> [YOUR OBJECTIVE]: After finding the line with "(λ found. IsNamed" in the data below, set down exactly each line through the one with "let place = place_named(table.logbooks(), p, name)?;", inclusive, and stop there.

> [GIVEN ENTRIES]:
================================

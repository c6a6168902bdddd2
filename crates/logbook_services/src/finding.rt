// Which logbook an id or a name leads to.
ghost use Rattle.std.specs.Prelude.{◌≡◌, ◌<◌, ◌==◌, length, IfNone, IfSome};
ghost use Rattle.apex_model.specs.Accepted.{IsAccepted};
ghost use Rattle.logbook_services.specs.Places.{numbered_in, named_in};
ghost use Rattle.logbook_services.specs.Steps.{LeadsTo, LeadsToNone, IsNamed, IsNamedNowhere};

use crate::made::MadeMarks;
use apex_types::{LogbookRow, PartitionId, Table};

/// Whether a logbook is a partition's.
fn is_of(row: &LogbookRow, p: PartitionId) -> bool
    ensures { result ≡ row.now.partition.0 == p.0 }
{
    row.partition == p
}

/// The number in the table of the logbook at a place among a partition's, which are counted from 0 on.
fn number_of(rows: &[LogbookRow], p: PartitionId, place: usize) -> Option<usize>
    ensures value { result ≡ numbered_in rows.now p.0 place }
    ensures within { IfSome result (λ k. k < length rows.now) }
{
    let mut before = place;
    for (k, row) in rows.iter().enumerate() {
        if is_of(row, p) {
            if before == 0 {
                return Some(k);
            }
            before -= 1;
        }
    }
    None
}

/// The place among a partition's logbooks of the first with this name.
fn place_named(rows: &[LogbookRow], p: PartitionId, name: &[u8]) -> Option<usize>
    ensures value { result ≡ named_in rows.now p.0 name.now }
    ensures within { IfSome result (λ place. place < length rows.now) }
{
    let mut place = 0;
    for row in rows {
        if is_of(row, p) {
            if row.name.bytes() == name {
                return Some(place);
            }
            place += 1;
        }
    }
    None
}

/// The number in the table and the row of a partition's created logbook of this id.
pub(crate) fn on_book<'t>(
    table: &'t Table,
    made: &MadeMarks,
    p: PartitionId,
    id: u32,
) -> Option<(u32, &'t LogbookRow)>
    requires accepted { IsAccepted table.now }
    requires long { length made.now ≡ length table.now.logbooks }
    ensures none { IfNone result (LeadsToNone table.now made.now p.0 id) }
    ensures some { IfSome result (λ found. LeadsTo table.now made.now p.0 id found.0 found.1.now) }
{
    if id == 0 {
        return None;
    }
    let k = number_of(table.logbooks(), p, id as usize - 1)?;
    if !made.is_made(k) {
        return None;
    }
    let row = table.logbooks().get(k)?;
    Some((k as u32, row))
}

/// The place among a partition's logbooks, counted from 0 on, and the number in the table of the one with this name.
pub(crate) fn named(table: &Table, p: PartitionId, name: &[u8]) -> Option<(usize, usize)>
    ensures none { IfNone result (IsNamedNowhere table.now p.0 name.now) }
    ensures some { IfSome result (λ found. IsNamed table.now p.0 name.now found.0 found.1) }
    ensures place { IfSome result (λ found. found.0 < length table.now.logbooks) }
    ensures number { IfSome result (λ found. found.1 < length table.now.logbooks) }
{
    let place = place_named(table.logbooks(), p, name)?;
    let k = number_of(table.logbooks(), p, place)?;
    Some((place, k))
}
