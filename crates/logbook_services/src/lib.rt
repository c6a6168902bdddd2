//! The calls of logbooks, over the logbooks of a device and marks of those that were created.
#![tactic(auto)]

mod calls;
mod finding;
mod made;

pub use calls::logbook_call;
pub use made::MadeMarks;
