//! Tests over the sources and the rig in memory, of the host as a whole.
#![tactic(auto)]

#[cfg(test)]
mod tests;
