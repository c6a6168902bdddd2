ghost use Rattle.std.specs.Prelude.{IfOk};
ghost use Rattle.rig_core.specs.Leaves.{IsAllSettled};
ghost use Rattle.rig_core.specs.MemRig.{mem_state};

mod commands;
mod directory_calls;
mod faults;
mod file_calls;
mod flights;
mod formats;
mod images;
mod isolation;
mod loads;
mod logbooks;
mod modes;
mod ports;
mod refusals;

use apex_host::{Status, host};
use apex_types::{ByteList, CallKind, FailList, NumberList, OutOfMemory, Words};
use config_table::read_table;
use image_format::layout;
use recover_scan::format;
use rig_core::{MemRig, MemSource};
use std::alloc::Global;
use std::test::Fail;
use test_fixtures::{failing, list_of, rig_of};

/// A display and a flight management partition with one tree, one logbook and one channel.
const SMALL: &[u8] = b"partition = [{ name = \"FMS\" }, { name = \"DISP\" }]
volume = [{ name = \"NV1\", blocks = 8 }]
tree = [{ volume = \"NV1\", owner = \"FMS\", readers = [\"DISP\"], quota = 8, files = 4, directories = 2, dirty = 16 }]
logbook = [{ name = \"FAULTS\", partition = \"FMS\", message_size = 16, logged = 4, in_progress = 2 }]
channel = [{ source = \"FMS:ALT\", destinations = [\"DISP:ALT\"], size = 4, refresh = 10 }]
";

/// The same with a quota of one block more than a tree can have.
const QUOTA_TOO_LARGE: &[u8] = b"partition = [{ name = \"FMS\" }, { name = \"DISP\" }]
volume = [{ name = \"NV1\", blocks = 8 }]
tree = [{ volume = \"NV1\", owner = \"FMS\", readers = [\"DISP\"], quota = 4097, files = 4, directories = 2, dirty = 16 }]
logbook = [{ name = \"FAULTS\", partition = \"FMS\", message_size = 16, logged = 4, in_progress = 2 }]
channel = [{ source = \"FMS:ALT\", destinations = [\"DISP:ALT\"], size = 4, refresh = 10 }]
";

/// The same with a volume of one block less than its tree.
const VOLUME_TOO_SMALL: &[u8] = b"partition = [{ name = \"FMS\" }, { name = \"DISP\" }]
volume = [{ name = \"NV1\", blocks = 7 }]
tree = [{ volume = \"NV1\", owner = \"FMS\", readers = [\"DISP\"], quota = 8, files = 4, directories = 2, dirty = 16 }]
logbook = [{ name = \"FAULTS\", partition = \"FMS\", message_size = 16, logged = 4, in_progress = 2 }]
channel = [{ source = \"FMS:ALT\", destinations = [\"DISP:ALT\"], size = 4, refresh = 10 }]
";

/// The same with a key in the tree that there is not.
const KEY_ADDED: &[u8] = b"partition = [{ name = \"FMS\" }, { name = \"DISP\" }]
volume = [{ name = \"NV1\", blocks = 8 }]
tree = [{ volume = \"NV1\", owner = \"FMS\", readers = [\"DISP\"], quota = 8, files = 4, directories = 2, dirty = 16, colour = 1 }]
logbook = [{ name = \"FAULTS\", partition = \"FMS\", message_size = 16, logged = 4, in_progress = 2 }]
channel = [{ source = \"FMS:ALT\", destinations = [\"DISP:ALT\"], size = 4, refresh = 10 }]
";

const USAGE: &[u8] = b"usage: format, run, only PARTITION, check, stress SEED LINES, sweep\n";

/// A file made, written and asked for its status.
const FIRST_RUN: &[u8] =
    b"FMS OPEN_NEW_FILE /NV1/FMS/A\nFMS WRITE_FILE 1 4142\nFMS GET_FILE_STATUS 1\n";

const FIRST_RUN_TOLD: &[u8] = b"1 NO_ERROR - 1\n2 NO_ERROR - 2\n3 NO_ERROR - 2 2 1\n";

/// A source in memory of these bytes, of which the read of this number fails, counted from 1; none at 0.
fn source(alloc: Global, bytes: &[u8], failing: u64) -> Result<MemSource, OutOfMemory> {
    let mut list = ByteList::new(alloc);
    list.extend(bytes)?;
    let mut reads = NumberList::new(alloc);
    reads.push(failing)?;
    Ok(MemSource::new(list, reads))
}

/// The bytes of a table's image after a format; none where the table is refused.
pub fn formatted(alloc: Global, table: &[u8]) -> Result<ByteList, OutOfMemory> {
    let Ok(table) = read_table(alloc, table) else {
        return Ok(ByteList::new(alloc));
    };
    let zeros = vec![in alloc; 0u8; 512 * layout(&table).blocks() as usize]?;
    let mut rig = rig_of(alloc, &zeros, FailList::new(alloc))?;
    match format(alloc, &mut rig, &table) {
        Ok(()) => list_of(alloc, rig.view()),
        Err(_) => Err(OutOfMemory),
    }
}

/// A rig in memory over the formatted image of a table, of which the telling of this number fails, counted from 1; none
/// at 0.
fn rig(alloc: Global, table: &[u8], telling: u64) -> Result<MemRig, OutOfMemory>
    ensures { IfOk result (λ rig. IsAllSettled (mem_state rig)) }
{
    let image = formatted(alloc, table)?;
    rig_of(
        alloc,
        image.bytes(),
        failing(alloc, &[(CallKind::Tell, telling)])?,
    )
}

/// The status of `run` with this table and this script, on this rig.
fn run_on(
    alloc: Global,
    table: &[u8],
    script: &[u8],
    rig: &mut MemRig,
) -> Result<Status, OutOfMemory>
    requires { IsAllSettled (mem_state rig.old) }
{
    let mut words = Words::new(alloc);
    words.push(b"run")?;
    let mut table = source(alloc, table, 0)?;
    let mut script = source(alloc, script, 0)?;
    Ok(host(alloc, &words, &mut table, &mut script, rig))
}

/// Whether `run`, over the formatted image of its table, ends and tells so.
fn runs(
    alloc: Global,
    table: &[u8],
    script: &[u8],
    status: Status,
    told: &[u8],
) -> Result<bool, OutOfMemory> {
    let mut rig = rig(alloc, table, 0)?;
    let ended = run_on(alloc, table, script, &mut rig)?;
    Ok(ended == status && rig.told() == told)
}

/// Whether these words are answered by the usage line, and nothing else is done.
fn is_usage(alloc: Global, words: &Words) -> Result<bool, OutOfMemory> {
    let mut table = source(alloc, SMALL, 0)?;
    let mut script = source(alloc, FIRST_RUN, 0)?;
    let mut rig = rig(alloc, SMALL, 0)?;
    let ended = host(alloc, words, &mut table, &mut script, &mut rig);
    Ok(ended == Status::Usage && rig.told() == USAGE)
}

#[test]
fn a_file_is_made_written_and_asked_for(rt: HostRuntime) -> Result<(), Fail> {
    assert!(rt; runs(rt.alloc(), SMALL, FIRST_RUN, Status::Done, FIRST_RUN_TOLD)?);
    Ok(())
}

#[test]
fn a_taken_name_and_a_free_handle_are_refused(rt: HostRuntime) -> Result<(), Fail> {
    let script =
        b"FMS OPEN_NEW_FILE /NV1/FMS/A\nFMS OPEN_NEW_FILE /NV1/FMS/A\nFMS WRITE_FILE 7 00\nFMS GET_FILE_STATUS 1\n";
    let told =
        b"1 NO_ERROR - 1\n2 INVALID_PARAM EEXIST\n3 INVALID_PARAM EBADF\n4 NO_ERROR - 0 0 0\n";
    assert!(rt; runs(rt.alloc(), SMALL, script, Status::Done, told)?);
    Ok(())
}

#[test]
fn scripts_without_calls_tell_nothing(rt: HostRuntime) -> Result<(), Fail> {
    assert!(rt; runs(rt.alloc(), SMALL, b"", Status::Done, b"")?);
    assert!(rt;
        runs(
            rt.alloc(),
            SMALL,
            b"# no call\n\nTICK 5\n",
            Status::Done,
            b""
        )?
    );
    Ok(())
}

#[test]
fn partitions_have_handles_of_their_own(rt: HostRuntime) -> Result<(), Fail> {
    let script =
        b"FMS OPEN_NEW_FILE /NV1/FMS/A\nDISP GET_FILE_STATUS 1\nDISP OPEN_NEW_FILE /NV1/FMS/B\n";
    let told = b"1 NO_ERROR - 1\n2 INVALID_PARAM EBADF\n3 INVALID_CONFIG EACCES\n";
    assert!(rt; runs(rt.alloc(), SMALL, script, Status::Done, told)?);
    Ok(())
}

#[test]
fn refused_scripts_carry_nothing_out(rt: HostRuntime) -> Result<(), Fail> {
    let unknown = b"FMS OPEN_NEW_FILE /NV1/FMS/A\nTICK 1\nABC GET_FILE_STATUS 1\n";
    assert!(rt;
        runs(
            rt.alloc(),
            SMALL,
            unknown,
            Status::ScriptRefused,
            b"script refused 3 UnknownPartition line 3\n"
        )?
    );
    let other = b"FMS CREATE_BUFFER FAULTS\n";
    assert!(rt;
        runs(
            rt.alloc(),
            SMALL,
            other,
            Status::ScriptRefused,
            b"script refused 4 UnknownCall line 1\n"
        )?
    );
    Ok(())
}

#[test]
fn refused_tables_carry_nothing_out(rt: HostRuntime) -> Result<(), Fail> {
    let large = b"table refused 7 OutOfRange\n";
    assert!(rt;
        runs(
            rt.alloc(),
            QUOTA_TOO_LARGE,
            FIRST_RUN,
            Status::TableRefused,
            large
        )?
    );
    let full = b"table refused 10 VolumeOverfull\n";
    assert!(rt;
        runs(
            rt.alloc(),
            VOLUME_TOO_SMALL,
            FIRST_RUN,
            Status::TableRefused,
            full
        )?
    );
    let key = b"table refused 3 UnknownKey\n";
    assert!(rt; runs(rt.alloc(), KEY_ADDED, FIRST_RUN, Status::TableRefused, key)?);
    Ok(())
}

#[test]
fn other_words_and_none_tell_the_usage(rt: HostRuntime) -> Result<(), Fail> {
    let mut words = Words::new(rt.alloc());
    assert!(rt; is_usage(rt.alloc(), &words)?);
    words.push(b"run")?;
    words.push(b"now")?;
    assert!(rt; is_usage(rt.alloc(), &words)?);
    Ok(())
}

/// The first so many lines of the first run's reply lines.
fn told_until(lines: u64) -> &'static [u8] {
    match lines {
        0 => b"",
        1 => b"1 NO_ERROR - 1\n",
        2 => b"1 NO_ERROR - 1\n2 NO_ERROR - 2\n",
        _ => FIRST_RUN_TOLD,
    }
}

/// Whether the first run ends and tells so, where these reads and this telling fail.
fn first_run_ends(
    alloc: Global,
    table_read: u64,
    script_read: u64,
    telling: u64,
    status: Status,
    told: &[u8],
) -> Result<bool, OutOfMemory> {
    let mut words = Words::new(alloc);
    words.push(b"run")?;
    let mut table = source(alloc, SMALL, table_read)?;
    let mut script = source(alloc, FIRST_RUN, script_read)?;
    let mut rig = rig(alloc, SMALL, telling)?;
    let ended = host(alloc, &words, &mut table, &mut script, &mut rig);
    Ok(ended == status && rig.told() == told)
}

#[test]
fn each_read_of_a_source_can_fail(rt: HostRuntime) -> Result<(), Fail> {
    let alloc = rt.alloc();
    for k in 1..3 {
        assert!(rt; first_run_ends(alloc, k, 0, 0, Status::SourceFault, b"source fault table\n")?);
        assert!(rt;
            first_run_ends(
                alloc,
                0,
                k,
                0,
                Status::SourceFault,
                b"source fault script\n"
            )?
        );
        assert!(rt; first_run_ends(alloc, k, k, 0, Status::SourceFault, b"source fault table\n")?);
    }
    assert!(rt; first_run_ends(alloc, 3, 3, 0, Status::Done, FIRST_RUN_TOLD)?);
    Ok(())
}

/// Whether a command ends at a source that failed, and tells so, where these reads fail.
fn ends_at_a_source(
    alloc: Global,
    word: &[u8],
    table: &[u8],
    table_read: u64,
    script: &[u8],
    script_read: u64,
    told: &[u8],
) -> Result<bool, OutOfMemory> {
    let mut words = Words::new(alloc);
    words.push(word)?;
    let mut table = source(alloc, table, table_read)?;
    let mut script = source(alloc, script, script_read)?;
    let mut rig = rig(alloc, SMALL, 0)?;
    let ended = host(alloc, &words, &mut table, &mut script, &mut rig);
    Ok(ended == Status::SourceFault && rig.told() == told)
}

/// The first read gives bytes that are refused where the second finds the end; here the second fails.
#[test]
fn a_read_that_fails_comes_before_bytes_that_are_refused(rt: HostRuntime) -> Result<(), Fail> {
    let alloc = rt.alloc();
    let table = b"source fault table\n";
    assert!(rt; ends_at_a_source(alloc, b"run", KEY_ADDED, 2, FIRST_RUN, 0, table)?);
    assert!(rt; ends_at_a_source(alloc, b"format", KEY_ADDED, 2, FIRST_RUN, 0, table)?);
    let call = b"FMS NO_SUCH_CALL\n";
    let script = b"source fault script\n";
    assert!(rt; ends_at_a_source(alloc, b"run", SMALL, 0, call, 2, script)?);
    Ok(())
}

#[test]
fn each_telling_can_fail(rt: HostRuntime) -> Result<(), Fail> {
    let alloc = rt.alloc();
    for k in 1..4 {
        assert!(rt; first_run_ends(alloc, 0, 0, k, Status::ReplyFault, told_until(k - 1))?);
    }
    assert!(rt; first_run_ends(alloc, 0, 0, 4, Status::Done, FIRST_RUN_TOLD)?);
    assert!(rt; first_run_ends(alloc, 1, 0, 1, Status::ReplyFault, b"")?);
    Ok(())
}

/// Whether the first run ends well, or for want of memory with whole lines told: of the host's, or of the rig's, whose
/// record of a telling can't grow then.
fn ends_or_wants_memory(alloc: Global) -> Result<bool, OutOfMemory> {
    let mut words = Words::new(alloc);
    words.push(b"run")?;
    let mut table = source(alloc, SMALL, 0)?;
    let mut script = source(alloc, FIRST_RUN, 0)?;
    let mut rig = rig(alloc, SMALL, 0)?;
    Ok(
        match host(alloc, &words, &mut table, &mut script, &mut rig) {
            Status::Done => rig.told() == FIRST_RUN_TOLD,
            Status::OutOfMemory => (0..4).any(|lines| rig.told() == told_until(lines)),
            Status::ReplyFault => {
                rig.starved() && (0..4).any(|lines| rig.told() == told_until(lines))
            }
            _ => false,
        },
    )
}

/// Meant for runs in which an allocation fails.
#[test]
fn want_of_memory_has_a_status(rt: HostRuntime) {
    if let Ok(ended) = ends_or_wants_memory(rt.alloc()) {
        assert!(rt; ended);
    }
}
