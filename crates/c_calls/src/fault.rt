// What is wrong with a tape.
ghost use Rattle.std.specs.Prelude.{◌≡◌};
ghost use Rattle.c_calls.specs.Faults.{TellsTape};

use records::{FaultValues, tape_fault};

const NO_FAULT: FaultValues = FaultValues {
    fault: 0,
    number: 0,
    start: 0,
};

// The tape's first fault, in numbers.
pub(crate) fn fault_of(tape: &[u8]) -> FaultValues
    ensures { TellsTape tape.now result }
{
    tape_fault(tape).map(FaultValues::from).unwrap_or(NO_FAULT)
}
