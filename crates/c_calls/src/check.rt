// What set-up refuses.
ghost use Rattle.std.specs.Prelude.{◌≡◌, List};
ghost use Rattle.protocol.specs.Refusals.{outcome};
ghost use Rattle.protocol.specs.declared.policy.Policy.{Policy};
ghost use Rattle.rights.specs.Orders.{verdict};
ghost use Rattle.setup.specs.Admission.{setup_check};
ghost use Rattle.c_calls.specs.Policies.{policies_of};
ghost use Rattle.c_calls.specs.Setups.{setup_by, setup_on_logs, check_by};

use crate::policy::{PolicyEntry, PolicyList};
use log_store::LogStore;
use protocol::Refusal;
use rights::{LadderOrder, RightsOrder, VectorOrder};
use setup::check_setup;
use stores::Store;

// By an order of one's own.
fn check_entries<C: Store, R: Store, O: RightsOrder>(
    order: &O,
    cells: &C,
    rights: &R,
    entries: &[PolicyEntry],
) -> Result<(), Refusal>
    ensures { outcome result ≡ setup_check (O.RightsOrder.right order.now) (C.Store.list cells.now) (R.Store.list rights.now) (policies_of entries.now) }
{
    let policies = PolicyList::new(entries)?;
    check_setup(cells, rights, order, policies.as_slice())
}

// By the order of the thresholds. Two arms, since each order is a type of its own.
pub(crate) fn check_by<C: Store, R: Store>(
    thresholds: &[u32],
    cells: &C,
    rights: &R,
    entries: &[PolicyEntry],
) -> Result<(), Refusal>
    ensures { outcome result ≡ check_by (setup_by thresholds.now (policies_of entries.now)) (C.Store.list cells.now) (R.Store.list rights.now) }
{
    match thresholds {
        [] => check_entries(&VectorOrder, cells, rights, entries),
        [read, write, restrict] => {
            let order = LadderOrder::new(*read, *write, *restrict)?;
            check_entries(&order, cells, rights, entries)
        }
        _ => Err(Refusal::BadThreshold),
    }
}

// Refuses thresholds of no order.
fn check_thresholds(thresholds: &[u32]) -> Result<(), Refusal>
    ensures { (policies : List Policy) → outcome result ≡ verdict (setup_by thresholds.now policies) }
{
    match thresholds {
        [] => Ok(()),
        [read, write, restrict] => LadderOrder::check(*read, *write, *restrict),
        _ => Err(Refusal::BadThreshold),
    }
}

// What is refused of a run on two logs before set-up asks: the thresholds first, then the cells' log, then the rights'.
pub(crate) fn check_logs(
    thresholds: &[u32],
    cells: &[u8],
    cell_count: usize,
    rights: &[u8],
    right_count: usize,
) -> Result<(), Refusal>
    ensures { (policies : List Policy) → outcome result ≡ verdict (setup_on_logs thresholds.now policies cell_count cells.now right_count rights.now) }
{
    check_thresholds(thresholds)?;
    LogStore::check(cells, cell_count)?;
    LogStore::check(rights, right_count)
}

================================

> [EXERCISE SOLUTION]:
    ensures some { IfSome result (λ found. IsNamed table.now p.0 name.now found.0 found.1) }
    ensures place { IfSome result (λ found. found.0 < length table.now.logbooks) }
    ensures number { IfSome result (λ found. found.1 < length table.now.logbooks) }
{
    let place = place_named(table.logbooks(), p, name)?;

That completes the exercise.